*** Data shown Section Begins ***

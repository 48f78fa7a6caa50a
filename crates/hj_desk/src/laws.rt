ghost use Rattle.std.specs.Prelude.{◌≡◌, Bool, List, [], false};
ghost use Rattle.hj_base.specs.Journals.{IsPrefix};
ghost use Rattle.hj_msg.specs.declared.event.Pair.{Pair};
ghost use Rattle.hj_msg.specs.Driver.{IsLawful};
ghost use Rattle.hj_msg.specs.Feed.{FeedState};
ghost use Rattle.hj_msg.specs.Kang.{kang};
ghost use Rattle.hj_msg.specs.Met.{AreAllReportsOf};
ghost use Rattle.hj_msg.specs.Run.{IsRun};
ghost use Rattle.hj_desk.specs.declared.desk.Desk.{Desk};
ghost use Rattle.hj_desk.specs.Desk.{DeskHistory, StandsFor, collected, turns_of};
ghost use Rattle.hj_desk.specs.Releases.{Releases};
ghost use Rattle.hj_desk.specs.Runs.{Workers, AreUncut, DoTheirPart, IsDone, run_of};

/// Shows that the log of a desk is lawful over the events that the feed gave (`lawful`). If the workers of the cores do
/// their part, its journals and theirs make a run over these events (`run`), of which it took its reports (`reports`).
/// Pairs that are given in order of these reports begin the sequential join of these events (`in_order`), and are the
/// whole of it if the desk is done, no last turn of a worker is cut, and no pair is kept (`whole`).
pub fn desks_give_the_join<P>()
    ensures lawful { (desk : Desk P) (feed : FeedState) (history : DeskHistory P) → StandsFor desk feed history → IsLawful desk.driver.flight history.events (turns_of history.log) }
    ensures run { (workers : Workers P) (desk : Desk P) (feed : FeedState) (history : DeskHistory P) → StandsFor desk feed history → DoTheirPart workers desk history.events → IsRun (run_of workers desk history.events) }
    ensures reports { (workers : Workers P) (desk : Desk P) (feed : FeedState) (history : DeskHistory P) → StandsFor desk feed history → DoTheirPart workers desk history.events
        → AreAllReportsOf (run_of workers desk history.events) (collected desk.reports.items) }
    ensures in_order { (workers : Workers P) (desk : Desk P) (feed : FeedState) (history : DeskHistory P) → StandsFor desk feed history → DoTheirPart workers desk history.events
        → (over : Bool) (kept given : List (Pair P)) → Releases (collected desk.reports.items) over kept given → IsPrefix given (kang workers.matches history.events) }
    ensures whole { (workers : Workers P) (desk : Desk P) (feed : FeedState) (history : DeskHistory P) → StandsFor desk feed history → (parts : DoTheirPart workers desk history.events) → AreUncut parts
        → IsDone desk → (given : List (Pair P)) → Releases (collected desk.reports.items) false [] given → given ≡ kang workers.matches history.events }
{}
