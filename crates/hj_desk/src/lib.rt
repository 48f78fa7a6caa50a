//! The calling thread's part of a run on threads: it puts events into the chain of cores, takes what the cores report,
//! and gives what is made of that.
#![tactic(auto)]

mod caller;
mod desk;
mod in_order;
mod laws;
mod outlet;
mod ports;
mod raw;
mod step;

pub use caller::{Caller, Round};
pub use desk::Desk;
pub use in_order::OrderedOutlet;
pub use laws::desks_give_the_join;
pub use outlet::Outlet;
pub use ports::Ports;
pub use raw::RawOutlet;
pub use step::DeskStep;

*** Data shown Section Ends ***

- **Task statement**
Copy every line of the data that holds the string "collected".

- **The completed task**
ghost use Rattle.hj_desk.specs.Desk.{DeskHistory, StandsFor, collected, turns_of};
        → AreAllReportsOf (run_of workers desk history.events) (collected desk.reports.items) }
        → (over : Bool) (kept given : List (Pair P)) → Releases (collected desk.reports.items) over kept given → IsPrefix given (kang workers.matches history.events) }
        → IsDone desk → (given : List (Pair P)) → Releases (collected desk.reports.items) false [] given → given ≡ kang workers.matches history.events }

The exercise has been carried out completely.